== EXERCISE GOAL ==
The word "insert" turns up on some lines of this data; say how many, and give no other text.
Start of RECORDS FOR THIS TASK
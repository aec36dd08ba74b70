// Times in their order.
ghost use Rattle.std.specs.Prelude.{◌≡◌};
ghost use Rattle.fh_base.specs.Least.{earlier_time};

use fh_base::Ticks;

/// The earlier of two times, where there are any.
pub fn earlier_of(a: Option<Ticks>, b: Option<Ticks>) -> Option<Ticks>
    ensures { result ≡ earlier_time a b }
{
    match (a, b) {
        (None, _) => b,
        (_, None) => a,
        (Some(x), Some(y)) => Some(if y.0 < x.0 { y } else { x }),
    }
}
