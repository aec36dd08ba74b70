// The frames that wait.
ghost use Rattle.std.specs.Prelude.{◌≡◌, ℕ, ℤ, List, [], ◌++◌, IfNone, OnErr, OnOk};
ghost use Rattle.air_source.specs.declared.links.LinkFrame.{LinkFrame as SpecFrame};
ghost use Rattle.uplink_model.specs.SentLaws.{AreOf};
ghost use Rattle.frame_ways.specs.SendQueues.{LeaveFrom, Gives, IsNextTime, Leaves, Took, WaitsFor, all_queued, first_time, queued};

use crate::outbox::Outbox;
use crate::turns::Turn;
use air_source::LinkFrame;
use fh_base::{Bytes, NoMemory, Ticks};
use std::alloc::Global;
use std::collections::BTreeMap;
use std::marker::Model;

/// The frames that wait for the times at which they leave. Contracts see the list of them, in the order in which they leave.
#[derive(Drop)]
pub struct SendQueue {
    waiting: BTreeMap<Turn, Bytes>,
    /// How many frames were taken in.
    handed: u64,
}

impl Model for SendQueue {
    ghost use Rattle.std.specs.Prelude.{List};
    ghost use Rattle.air_source.specs.declared.links.LinkFrame.{LinkFrame};
    ghost use Rattle.frame_ways.specs.Waiting.{KeepsTurns, waiting_frames};

    ghost Value = { List LinkFrame };

    ghost view = { waiting_frames };

    ghost invariant = { KeepsTurns };
}

impl SendQueue {
    /// No frames. This takes no memory; later growth takes it from `alloc`.
    pub fn make(alloc: Global) -> SendQueue
        ensures empty { result ≡ [] }
        ensures waits { (endpoints : ℕ) (now : ℤ) → WaitsFor endpoints now [] result }
    {
        SendQueue {
            waiting: BTreeMap::new(alloc),
            handed: 0,
        }
    }

    /// Takes in one frame. It follows all that do not leave after it.
    fn put(&mut self, frame: LinkFrame) -> Result<(), NoMemory>
        ensures ok { OnOk result (self.new ≡ queued frame self.old) }
        ensures err { OnErr result (self.new ≡ self.old) }
    {
        let Some(handed) = self.handed.checked_add(1) else {
            return Err(NoMemory);
        };
        let turn = Turn {
            at: frame.at,
            ep: frame.ep,
            serial: self.handed,
        };
        match self.waiting.insert(turn, frame.frame) {
            Ok(_) => {
                self.handed = handed;
                Ok(())
            }
            Err(_) => Err(NoMemory),
        }
    }

    /// Takes in all frames of an outbox, which is empty then. Their bytes are moved and not copied.
    ///
    /// # Errors
    ///
    /// [`NoMemory`] where memory is refused, and where 2^64 - 1 frames were taken in before. Then a frame may be lost.
    pub fn fill(&mut self, outbox: &mut Outbox) -> Result<(), NoMemory>
        ensures filled { OnOk result (self.new ≡ all_queued outbox.old.frames self.old) }
        ensures emptied { OnOk result (outbox.new.frames ≡ []) }
        ensures pool { outbox.new.pool ≡ outbox.old.pool }
        ensures waits { (endpoints : ℕ) (now : ℤ) (handed : List SpecFrame)
            → WaitsFor endpoints now handed self.old → AreOf endpoints outbox.old.frames → LeaveFrom now outbox.old.frames
            → OnOk result (WaitsFor endpoints now (handed ++ outbox.old.frames) self.new) }
    {
        while let Some(frame) = outbox.take_first() {
            self.put(frame)?;
        }
        Ok(())
    }

    /// The time in ticks at which the next frame leaves. `None` where none waits.
    pub fn next_time(&self) -> Option<Ticks>
        ensures time { result ≡ first_time self.now }
        ensures none { IfNone result (self.now ≡ []) }
        ensures next { IsNextTime self.now result }
    {
        match self.waiting.first_key_value() {
            None => None,
            Some((turn, _)) => Some(turn.at),
        }
    }

    /// Takes out the next frame, where it leaves at `tick`. Else this is `None` and the queue is as before.
    pub fn take_at(&mut self, tick: Ticks) -> Option<LinkFrame>
        ensures took { Took tick result self.old self.new }
        ensures gives { (endpoints : ℕ) (handed gone : List SpecFrame) → Leaves endpoints tick.0 handed gone self.old → Gives endpoints tick.0 handed gone result self.new }
    {
        if self.next_time() != Some(tick) {
            return None;
        }
        match self.waiting.pop_first() {
            None => None,
            Some((turn, frame)) => Some(LinkFrame {
                at: turn.at,
                ep: turn.ep,
                frame,
            }),
        }
    }
}
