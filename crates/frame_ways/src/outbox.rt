// The frames that a unit handed over.
ghost use Rattle.std.specs.Prelude.{◌≡◌, [], ◌∷◌, ◌++◌, MatchOption, OnErr, OnOk};
ghost use Rattle.frame_ways.specs.Pool.{no_spare, without_spare};

use crate::pool::FramePool;
use air_source::{Link, LinkFrame};
use fh_base::{NoMemory, Ticks};
use std::alloc::Global;
use std::collections::VecDeque;
use std::marker::Model;

/// The frames that a unit handed over and that were not taken on yet, and a pool of memory for them. Contracts see the frames, in order,
/// and the pool.
#[derive(Drop)]
pub struct Outbox {
    pool: FramePool,
    frames: VecDeque<LinkFrame>,
}

impl Model for Outbox {
    ghost use Rattle.frame_ways.specs.Outboxes.{Handed};

    ghost Value = { Handed };

    ghost view = { λ outbox. record { frames = outbox.frames.items; pool = outbox.pool } };
}

impl Outbox {
    ghost use Rattle.std.specs.Borrow.{sem};
    ghost use Rattle.frame_ways.specs.Lending.{LendsPool};

    /// No frames. This takes no memory; later growth takes it from `alloc`.
    pub fn new(alloc: Global) -> Outbox
        ensures frames { result.frames ≡ [] }
        ensures pool { result.pool ≡ no_spare }
    {
        Outbox {
            pool: FramePool::new(alloc),
            frames: VecDeque::new(alloc),
        }
    }

    /// The pool from which the frames take their memory, lent to what gives memory back to it, or takes some.
    pub fn pool_mut(&mut self) -> &mut FramePool
        ensures* lends { sem 𝓛 (LendsPool self.entry result) }
        ensures now { result.now ≡ self.old.pool }
    {
        &mut self.pool
    }

    /// Takes out the frame that was handed over first. `None` where there is none.
    pub(crate) fn take_first(&mut self) -> Option<LinkFrame>
        ensures frames { MatchOption result ((self.old.frames ≡ []) × (self.new.frames ≡ [])) (λ f. self.old.frames ≡ f ∷ self.new.frames) }
        ensures pool { self.new.pool ≡ self.old.pool }
    {
        self.frames.pop_front()
    }
}

impl Link for Outbox {
    ghost sent = { λ outbox. outbox.frames };

    fn send(&mut self, at: Ticks, ep: usize, frame: &[u8]) -> Result<(), NoMemory>
        ensures ok { OnOk result (self.new.frames ≡ self.old.frames ++ record { at = at; ep = ep; frame = frame.now } ∷ []) }
        ensures err { OnErr result (self.new.frames ≡ self.old.frames) }
        ensures pool { OnOk result (self.new.pool ≡ without_spare self.old.pool) }
    {
        let kept = self.pool.copy_of(frame)?;
        self.frames.push_back(LinkFrame {
            at,
            ep,
            frame: kept,
        })?;
        Ok(())
    }
}
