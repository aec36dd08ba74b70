// The arrivals that a network holds, by their turns.
ghost use Rattle.std.specs.Prelude.{◌≡◌, ◌<ℤ◌, ◌≤ℤ◌, [], ◌∷◌, All, OnOk, OnErr, MatchOption, IfSome, IfNone, is_some, false};
ghost use Rattle.frame_ways.specs.Network.{is_after, put_in, next_of, first_time};

use crate::arrivals::Arrival;
use crate::places::{Turn, place_of};
use fh_base::{NoMemory, Ticks};
use std::alloc::Global;
use std::collections::BTreeMap;
use std::marker::Model;

/// The frames in flight. Contracts see the list of their arrivals, the least first.
#[derive(Drop)]
pub struct Network {
    held: BTreeMap<Turn, Arrival>,
    next: u64,
}

impl Model for Network {
    ghost use Rattle.std.specs.Prelude.{List};
    ghost use Rattle.frame_ways.specs.declared.arrivals.Arrival.{Arrival};

    ghost Value = { List Arrival };

    ghost use Rattle.frame_ways.specs.Held.{arrivals_of, KeepsTurns};

    ghost view = { arrivals_of };

    ghost invariant = { KeepsTurns };
}

impl Network {
    /// Nothing in flight. This takes no memory; later growth takes it from `alloc`.
    pub fn make(alloc: Global) -> Network
        ensures { result ≡ [] }
    {
        Network {
            held: BTreeMap::new(alloc),
            next: 0,
        }
    }

    /// Sends an arrival on its way. It follows all that are not after it, so of two that are
    /// equal in time, unit and key, the one that was put first is given first.
    ///
    /// After `NoMemory` the network is as before. This occurs where memory was refused, and also
    /// where 2^64 - 1 arrivals were put before, so that they could no longer be told apart.
    pub fn put(&mut self, arrival: Arrival) -> Result<(), NoMemory>
        ensures ok { OnOk result (self.new ≡ put_in arrival self.old) }
        ensures err { OnErr result (self.new ≡ self.old) }
    {
        let Some(next) = self.next.checked_add(1) else {
            return Err(NoMemory);
        };
        let turn = Turn {
            place: place_of(&arrival),
            serial: self.next,
        };
        match self.held.insert(turn, arrival) {
            Ok(_) => {
                self.next = next;
                Ok(())
            }
            Err(_) => Err(NoMemory),
        }
    }

    /// Takes out the least arrival that is not after `to`. Where there is none, this is `None` and
    /// the network is as before.
    pub fn next_until(&mut self, to: Ticks) -> Option<Arrival>
        ensures next { result ≡ next_of to.0 self.old }
        ensures left { MatchOption result (self.new ≡ self.old) (λ a. self.old ≡ a ∷ self.new) }
        ensures due { IfSome result (λ a. a.at.0 ≤ℤ to.0) }
        ensures none { IfNone result (All (λ a. to.0 <ℤ a.at.0) self.old) }
        ensures least { IfSome result (λ a. All (λ b. is_after a b ≡ false) self.new) }
    {
        if !self.has_due(to) {
            return None;
        }
        match self.held.pop_first() {
            None => None,
            Some((_, arrival)) => Some(arrival),
        }
    }

    /// The time in ticks of the least arrival, which is the earliest. `None` where none is held.
    pub fn next_time(&self) -> Option<Ticks>
        ensures time { result ≡ first_time self.now }
        ensures least { IfSome result (λ t. All (λ a. t.0 ≤ℤ a.at.0) self.now) }
    {
        match self.held.first_key_value() {
            None => None,
            Some((turn, _)) => Some(turn.place.at),
        }
    }

    /// Whether an arrival is held that is not after `to`.
    fn has_due(&self, to: Ticks) -> bool
        ensures due { result ≡ is_some (next_of to.0 self.now) }
        ensures none { result ≡ false → All (λ a. to.0 <ℤ a.at.0) self.now }
    {
        match self.held.first_key_value() {
            None => false,
            Some((turn, _)) => turn.place.at <= to,
        }
    }
}
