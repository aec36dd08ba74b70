// The keys by which a network holds its arrivals.
ghost use Rattle.std.specs.Prelude.{◌≡◌};
ghost use Rattle.frame_ways.specs.Places.{place_of};

use crate::arrivals::{Arrival, ArrivalKey};
use air_source::Side;
use fh_base::Ticks;

/// Where an arrival is.
#[derive(Clone, Copy, Debug, PartialEq, Eq, PartialOrd, Ord)]
pub struct Place {
    pub at: Ticks,
    pub to_du: bool,
    pub key: ArrivalKey,
}

/// Where an arrival is, and which call put it there.
#[derive(Clone, Copy, Debug, PartialEq, Eq, PartialOrd, Ord)]
pub struct Turn {
    pub place: Place,
    pub serial: u64,
}

/// The place of an arrival.
pub fn place_of(arrival: &Arrival) -> Place
    ensures { result ≡ place_of arrival.now }
{
    Place {
        at: arrival.at,
        to_du: match arrival.side {
            Side::Ru => false,
            Side::Du => true,
        },
        key: arrival.key,
    }
}
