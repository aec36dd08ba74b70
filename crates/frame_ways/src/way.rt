// One direction of the fronthaul.
ghost use Rattle.std.specs.Prelude.{◌<◌, All, length, vec_len};
ghost use Rattle.frame_ways.specs.declared.landings.Landing.{Landing};

use crate::copies::{Departure, put_copies};
use crate::deliveries::FrameDeliveries;
use crate::in_flight::Network;
use crate::landed::Landed;
use crate::listing::{injections_to, times_to};
use crate::pool::FramePool;
use crate::queue::LandingQueue;
use crate::tally::Tally;
use crate::times::earlier_of;
use air_source::Side;
use fh_base::{Bytes, NoMemory, Ticks};
use fh_document::{Document, Injection, TrafficClass};
use std::alloc::Global;

/// One direction of the fronthaul: what is on its way to a unit.
///
/// Its contracts say of each list of sent frames that it stands for, which list it stands for after a call (`StandsFor` of
/// `specs/Ways.antt`): what lands of them, and of what the document injects, is `landings_on`.
#[derive(Drop)]
pub struct Way<'a> {
    deliveries: FrameDeliveries<'a>,
    /// The frames that the document injects to the unit, in its order.
    injections: Vec<&'a Injection>,
    /// Those of them that did not land yet.
    listed: LandingQueue,
    in_flight: Network,
    tally: Tally,
    /// How many frames were sent to the unit.
    place: u64,
    ghost within: { All (λ (l : Landing). l.index < vec_len injections) listed },
}

impl<'a> Way<'a> {
    ghost use Rattle.std.specs.Prelude.{◌≡◌, ◌≤ℤ◌, ◌^◌, ℤ, List, pos, IfOk, IfSome, OnOk, MatchOption};
    ghost use Rattle.fh_document.specs.Proper.{IsDocument};
    ghost use Rattle.unit_model.specs.Meetings.{Arrival};
    ghost use Rattle.unit_model.specs.Radiated.{first_clock};
    ghost use Rattle.unit_model.specs.Times.{end_of_time};
    ghost use Rattle.fh_base.specs.Least.{IsLeastOf};
    ghost use Rattle.frame_ways.specs.Ways.{HasLanded, IsCalmTo, Lands, LandsFrom, LandsNext, OnWay, StandsFor, document_of, frames_on_way, having_sent, landings_on, leaving_as, nothing_sent};

    /// The way to a unit: nothing was sent, and all frames that the document injects to the unit wait for their times.
    ///
    /// # Errors
    ///
    /// [`NoMemory`] where memory runs out.
    pub fn make(alloc: Global, doc: &'a Document, side: Side) -> Result<Way<'a>, NoMemory>
        requires { IsDocument doc.now }
        ensures { IfOk result (λ w. (now : ℤ) → now ≤ℤ pos 0 → StandsFor (nothing_sent doc.now side) now w) }
    {
        let deliveries = FrameDeliveries::make(alloc, doc, side)?;
        let times = times_to(alloc, doc, side)?;
        let listed = LandingQueue::make(alloc, times.as_slice())?;
        // before the list of frames is made: only inside of `times_to` both are held
        drop(times);
        let injections = injections_to(alloc, doc, side)?;
        Ok(Way {
            deliveries,
            injections,
            listed,
            in_flight: Network::make(alloc),
            tally: Tally {
                c_plane: 0,
                u_plane: 0,
                measurement: 0,
            },
            place: 0,
        })
    }

    /// Sends a frame at a time in ticks: its copies are in flight then, as the document's `deliver` and `transit` lines say of the next
    /// frame of its class. Their memory is from the pool.
    ///
    /// # Errors
    ///
    /// [`NoMemory`] where memory runs out, and where 2^64 - 1 frames were sent. What is in flight is not said then.
    pub fn send(
        &mut self,
        pool: &mut FramePool,
        at: Ticks,
        class: TrafficClass,
        frame: &[u8],
    ) -> Result<(), NoMemory>
        requires begun { first_clock ≤ℤ at.0 }
        requires ended { at.0 ≤ℤ end_of_time }
        requires short { length frame.now < 2 ^ 32 }
        requires document { IsDocument (document_of self.old) }
        ensures sent { (v : OnWay) (now : ℤ) → LandsFrom now at.0 class → StandsFor v now self.old
            → OnOk result (StandsFor (having_sent v (leaving_as at.0 class frame.now)) now self.new) }
        ensures document { document_of self.new ≡ document_of self.old }
    {
        let copy = pool.copy_of(frame)?;
        self.send_owned(pool, at, class, copy)
    }

    /// The same of a frame whose bytes are its own: the last copy has them.
    ///
    /// # Errors
    ///
    /// As those of [`Way::send`].
    pub fn send_owned(
        &mut self,
        pool: &mut FramePool,
        at: Ticks,
        class: TrafficClass,
        frame: Bytes,
    ) -> Result<(), NoMemory>
        requires begun { first_clock ≤ℤ at.0 }
        requires ended { at.0 ≤ℤ end_of_time }
        requires short { length frame < 2 ^ 32 }
        requires document { IsDocument (document_of self.old) }
        ensures sent { (v : OnWay) (now : ℤ) → LandsFrom now at.0 class → StandsFor v now self.old
            → OnOk result (StandsFor (having_sent v (leaving_as at.0 class frame)) now self.new) }
        ensures document { document_of self.new ≡ document_of self.old }
    {
        let Some(next) = self.place.checked_add(1) else {
            return Err(NoMemory);
        };
        let k = self.tally.count(class);
        let copies = self.deliveries.copies(class, k);
        let delays = copies.as_slice();
        let departure = Departure {
            side: self.deliveries.side(),
            at,
            place: self.place,
        };
        put_copies(pool, departure, frame, delays, &mut self.in_flight)?;
        self.place = next;
        Ok(())
    }

    /// The next time at which a frame lands, in ticks. None where none is on its way.
    pub fn next_time(&self) -> Option<Ticks>
        ensures { (v : OnWay) (now : ℤ) → StandsFor v now self.now → IsLeastOf (IsCalmTo (landings_on v) now) result }
    {
        earlier_of(self.listed.next_time(), self.in_flight.next_time())
    }

    /// The next frame that lands at a tick: first those that were sent, in the order in which they were sent and then by copy, then the
    /// document's, in its order. None where none is left.
    pub fn next_at(&mut self, tick: Ticks) -> Option<Landed<'a>>
        ensures next { (v : OnWay) (gone : List Arrival) → Lands v tick.0 gone self.old
            → MatchOption result (HasLanded v tick.0 gone self.new) (λ f. LandsNext v tick.0 gone f self.new) }
        ensures document { document_of self.new ≡ document_of self.old }
        ensures fewer { IfSome result (λ f. frames_on_way self.new < frames_on_way self.old) }
    {
        if let Some(arrival) = self.in_flight.next_until(tick) {
            return Some(Landed::Sent(arrival.frame));
        }
        match self.listed.take_at(tick) {
            Some(index) => Some(Landed::Listed(self.injections[index].frame.as_slice())),
            None => None,
        }
    }
}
End of RECORDS FOR THIS TASK
== RESPONSE BOX ==
2